Thursday, January 06, 2011

MQL-to-SQL: A JSON-based query language for your favorite RDBMS - Part I

Yesterday, I wrote about how I think this year's MySQL conference will differ from prior editions. I also wrote that I will attend and that I will be speaking on MQL-to-SQL.

I promised I would explain a little bit more background about my talk, so here's the first installment.

Abstract: MQL is a JSON-based database query language that has some very interesting features as compared to SQL, especially for modern (AJAX) web-applications. MQL is not a standard database query language, and currently only natively supported by Freebase. However, with MQL-to-SQL, a project that provides a SQL adapter for MQL, you can run MQL queries against any RDBMS with a SQL interface.

This article covers mostly background information on modern web applications, JavaScript and JSON. This background information should help you understand why a JSON-based database query language is a good fit for modern web applications. A following installment will discuss the MQL database query language and how it relates to SQL. A third article will cover the mql-to-sql project itself.

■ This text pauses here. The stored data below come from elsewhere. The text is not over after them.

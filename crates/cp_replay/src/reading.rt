//! One line, as it is read.
ghost use Rattle.std.specs.Prelude.{◌≡◌, ◌<◌, ◌≤◌, Some, None, MatchOption, IfSome, IfOk, length};
ghost use Rattle.cp_replay.specs.Words.{with_rest};
ghost use Rattle.cp_replay.specs.Script.{LineFits, at_of, close_of, get_of, line_at, line_of, put_of, without_of};
ghost use Rattle.cp_replay.specs.declared.line.Line.TheVariants.{Put};

use crate::words::{Words, place_of};
use crate::{Line, OutOfMemory};
use cp_bytes::Bytes;
use std::alloc::Global;

// What a put line says.
#[derive(Clone, Copy, Debug)]
struct PutWords<'a> {
    client: u32,
    block: u64,
    nonce: u64,
    version: u64,
    content: &'a [u8],
}

// What the words behind `put` say.
#[tactic(auto, unfolding(crate::specs::Script::put_of))]
fn put_words<'a>(words: Words<'a>) -> Option<PutWords<'a>>
    ensures read { MatchOption result (put_of words.entry ≡ None) (λ put. put_of words.entry
        ≡ Some (Put put.client put.block put.nonce put.version put.content.now)) }
    ensures short { IfSome result (λ put. length put.content.now ≤ 65536) }
{
    let mut words = words;
    let client = words.number(0, u64::from(u32::MAX))? as u32;
    let block = words.number(0, u64::MAX)?;
    let nonce = words.number(0, u64::MAX)?;
    let version = words.number(0, u64::MAX)?;
    let content = words.content()?;
    if !words.is_over() {
        return None;
    }
    Some(PutWords {
        client,
        block,
        nonce,
        version,
        content,
    })
}

// The line of the words behind `put`.
fn put_line(alloc: Global, words: Words<'_>) -> Result<Option<Line>, OutOfMemory>
    ensures read { IfOk result (λ line. line ≡ put_of words.entry) }
    ensures fits { IfOk result (λ line. IfSome line LineFits) }
{
    let Some(put) = put_words(words) else {
        return Ok(None);
    };
    let content = Vec::from_slice(alloc, put.content)?;
    Ok(Some(Line::Put {
        client: put.client,
        block: put.block,
        nonce: put.nonce,
        version: put.version,
        content: Bytes::from_vec(content),
    }))
}

// The line of the words behind `get`.
#[tactic(auto, unfolding(crate::specs::Script::get_of))]
fn get_line(words: Words<'_>) -> Option<Line>
    ensures read { result ≡ get_of words.entry }
    ensures fits { IfSome result LineFits }
{
    let mut words = words;
    let client = words.number(0, u64::from(u32::MAX))? as u32;
    let block = words.number(0, u64::MAX)?;
    let nonce = words.number(0, u64::MAX)?;
    if !words.is_over() {
        return None;
    }
    Some(Line::Get {
        client,
        block,
        nonce,
    })
}

// The line of the words behind `at`.
#[tactic(auto, unfolding(crate::specs::Script::at_of))]
fn at_line(words: Words<'_>) -> Option<Line>
    ensures read { result ≡ at_of words.entry }
    ensures fits { IfSome result LineFits }
{
    let mut words = words;
    let epoch = words.number(1, u64::MAX)?;
    if !words.is_over() {
        return None;
    }
    Some(Line::At { epoch })
}

// The line of the words behind `close without`.
#[tactic(auto, unfolding(crate::specs::Script::without_of))]
fn without_line(words: Words<'_>) -> Option<Line>
    ensures read { result ≡ without_of words.entry }
    ensures fits { IfSome result LineFits }
{
    let mut words = words;
    let client = words.number(0, u64::from(u32::MAX))? as u32;
    if !words.is_over() {
        return None;
    }
    Some(Line::CloseWithout { client })
}

// The line of the words behind `close`.
#[tactic(auto, unfolding(crate::specs::Script::close_of))]
fn close_line(words: Words<'_>) -> Option<Line>
    ensures read { result ≡ close_of words.entry }
    ensures fits { IfSome result LineFits }
{
    let mut words = words;
    match words.next() {
        None => Some(Line::Close),
        Some(b"without") => without_line(words),
        Some(_) => None,
    }
}

// The line that the bytes before its end spell; none where they spell none.
#[tactic(auto, unfolding(crate::specs::Script::line_of))]
fn read_line(alloc: Global, text: &[u8]) -> Result<Option<Line>, OutOfMemory>
    ensures read { IfOk result (λ line. line ≡ line_of text.now) }
    ensures fits { IfOk result (λ line. IfSome line LineFits) }
{
    let mut words = Words::of(text);
    let Some(name) = words.next() else {
        return Ok(None);
    };
    match name {
        b"put" => put_line(alloc, words),
        b"get" => Ok(get_line(words)),
        b"close" => Ok(close_line(words)),
        b"at" => Ok(at_line(words)),
        _ => Ok(None),
    }
}

// Takes the line at the front, which a line feed ends. None where there is none, or where it
// spells no line of a script.
#[tactic(auto, using(crate::proofs::Splits::splits), unfolding(crate::specs::Script::line_at))]
pub(crate) fn take_line(alloc: Global, rest: &mut &[u8]) -> Result<Option<Line>, OutOfMemory>
    ensures read { IfOk result (λ line. with_rest rest.new.now line ≡ line_at rest.old.now) }
    ensures fits { IfOk result (λ line. IfSome line LineFits) }
    ensures shorter { IfOk result (λ line.
        IfSome line (λ _. length rest.new.now < length rest.old.now)) }
{
    let bytes = *rest;
    let Some(end) = place_of(bytes, b'\n') else {
        return Ok(None);
    };
    let line = read_line(alloc, &bytes[..end])?;
    *rest = &bytes[end + 1..];
    Ok(line)
}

MQL, a JSON-based database query language


MQL (pronounced as Mickle) is an abbreviation of Metaweb Query Language, which is the JSON-based database query language natively supported by Freebase. If you're unfamiliar with the terms Metaweb and Freebase, see this quote from Wikipedia about Metaweb:
Metaweb Technologies, Inc. is a United States company based in San Francisco that is developing Freebase, described as an "open, shared database of the world's knowledge".
...and this quote about Freebase:
On March 3, 2007 Metaweb publicly announced Freebase, described by the company as "an open shared database of the world's knowledge," and "a massive, collaboratively-edited database of cross-linked data." Often understood as a wikipedia-turned-database, Freebase provides an interface that allows non-programmers to fill in structured, or 'meta-data', of general information, and to categorize or connect data items in meaningful, or 'semantic' ways.
So, Freebase is a database of just about everything (think of it as a machine readable version of wikipedia), and MQL is its query language.

As a quick primer on the MQL query language, here's a simple MQL query (taken from the Freebase manual)
{
"query": {
"type":"/music/artist",
"name":"The Police",
"album":[]
}
}
...and here's the result:
{
"status": "200 OK",
"code": "/api/status/ok",
"transaction_id":"cache;cache01.p01.sjc1:8101;2008-09-18T17:56:28Z;0029",
"result": {
"type": "/music/artist",
"name": "The Police",
"album": [
"Outlandos d'Amour",
"Reggatta de Blanc",
"Zenyatta Mondatta",
"Ghost in the Machine",
"Synchronicity"
]
}
}
I won't discuss these samples just yet - the MQL query language is the topic of the next installment. This is just a quick sample to give you an idea what MQL queries and their results look like. If you're didn't recognize the syntax already - read on, the JSON syntax is covered in the next section of this article.

The collection of data accumulated in Freebase is impressive - you should check it out sometime. However, this post is not so much about Freebase - it's the MQL query language I want to discuss here.

JSON

MQL is based on JSON (pronounced as Jason), which is an abbreviation of JavaScript Object Notation. If you're not familiar with JSON, hang on and read all of this section - it provides just enough background to understand why it is highly relevant for modern web-applications, and it provides a good-enough description of the JSON syntax for you to read and write MQL queries. You might also want to check out the Wikipedia entry on JSON for an objective overview.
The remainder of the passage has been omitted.